Bud the Spud is an iconic chip truck in Halifax, Nova Scotia, Canada. In operation since 1977, it is parked outside the Spring Garden Road branch of the Halifax Public Libraries each summer.  It is now located around the corner on Grafton Street, north of Spring Garden Road.  The edge of the library is marked by a low concrete wall, and it is there that most customers sit and eat their fries. The truck sells hand-cut French fries made from Prince Edward Island potatoes, and sourced from one farmer, David Dawson.  It currently offers hot dogs, fish and chips along with French fries and drinks.

The truck was operated by Bud and Nancy True until 2010. The business operates only during the summer months; the Trues spent the rest of the year travelling.

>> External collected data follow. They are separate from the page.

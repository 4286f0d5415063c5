//! The offsets of the scalars in a type.
ghost use Rattle.std.specs.Prelude.{◌≡◌, ◌++◌, ◌∷◌, [], OnOk, IfOk};
ghost use Rattle.cs_types.specs.Shape.{shape_of, array};
ghost use Rattle.cs_ast.specs.TypedProgram.{HasLayouts, typed_program};
ghost use Rattle.cs_meaning.specs.Types as types;
ghost use Rattle.cs_objects.specs.TypeView.{offsets_from, member_offsets};

use crate::scalars::members_of;
use cs_ast::typed::program::Program;
use cs_types::{CType, Member};
use cs_values::types::size_of;
use std::alloc::AllocError;

/// Returns the offsets of a type's scalars, in order (C11 6.7.2.1).
pub fn type_offsets(program: &Program, ty: &CType) -> Result<Vec<u64>, AllocError>
    requires { HasLayouts program.now }
    ensures { IfOk result (λ offsets.
        offsets.items ≡ types.scalar_offsets (typed_program program.now) (shape_of ty.now)) }
{
    let mut made = Vec::new(*program.functions.allocator());
    push_offsets(program, u32::MAX, ty, 0, &mut made)?;
    Ok(made)
}

// Adds the offsets of the scalars of a type at an offset. Types nested too deep count as out of memory.
#[cycle(offsets)]
fn push_offsets(
    program: &Program,
    levels: u32,
    ty: &CType,
    from: u64,
    made: &mut Vec<u64>,
) -> Result<(), AllocError>
    requires { HasLayouts program.now }
    ensures { OnOk result (made.new.items
        ≡ made.old.items ++ offsets_from (typed_program program.now) from (shape_of ty.now)) }
{
    let levels = levels.checked_sub(1).ok_or(AllocError)?;
    match ty {
        CType::Void => Ok(()),
        CType::Int(_) => push_one(from, made),
        CType::Pointer(_) => push_one(from, made),
        CType::Array(element, count) => push_elements(program, levels, element, *count, from, made),
        CType::Struct(tag) => match members_of(program, *tag) {
            Some(members) => push_members(program, levels, members, from, made),
            None => Ok(()),
        },
    }
}

// Adds an offset.
fn push_one(offset: u64, made: &mut Vec<u64>) -> Result<(), AllocError>
    ensures { OnOk result (made.new.items ≡ made.old.items ++ offset ∷ []) }
{
    made.push(offset)?;
    Ok(())
}

// Adds the offsets of an array with `count` elements of a type.
#[cycle(offsets)]
fn push_elements(
    program: &Program,
    levels: u32,
    element: &CType,
    count: u64,
    from: u64,
    made: &mut Vec<u64>,
) -> Result<(), AllocError>
    requires { HasLayouts program.now }
    ensures { OnOk result (made.new.items
        ≡ made.old.items
        ++ offsets_from (typed_program program.now) from (array (shape_of element.now) count)) }
{
    let size = size_of(program, element)?;
    let mut at = from;
    let mut left = count;
    while left > 0 {
        let before = made.len();
        push_offsets(program, levels, element, at, made)?;
        // An array of elements without scalars may be very long.
        if made.len() == before {
            return Ok(());
        }
        at = at.checked_add(size).ok_or(AllocError)?;
        left -= 1;
    }
    Ok(())
}

// Adds the offsets of the members of a struct.
#[cycle(offsets)]
fn push_members(
    program: &Program,
    levels: u32,
    members: &[Member],
    from: u64,
    made: &mut Vec<u64>,
) -> Result<(), AllocError>
    requires { HasLayouts program.now }
    ensures { OnOk result (made.new.items
        ≡ made.old.items ++ member_offsets (typed_program program.now) from members.now) }
{
    for member in members {
        let at = from.checked_add(member.offset()).ok_or(AllocError)?;
        push_offsets(program, levels, member.ty(), at, made)?;
    }
    Ok(())
}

In early 2009 the Trues decided to retire and sell the business.  Due to the economic downturn, buyers for the business were unable to obtain financing, and the truck is still being operated by the Trues for another summer. It was purchased in 2010 by Glenn Tait.  He operated the truck until 2015 when it was purchased by Jody LeBlanc who left his job as an instructor at a career college to run the food truck without any prior experience in the food business.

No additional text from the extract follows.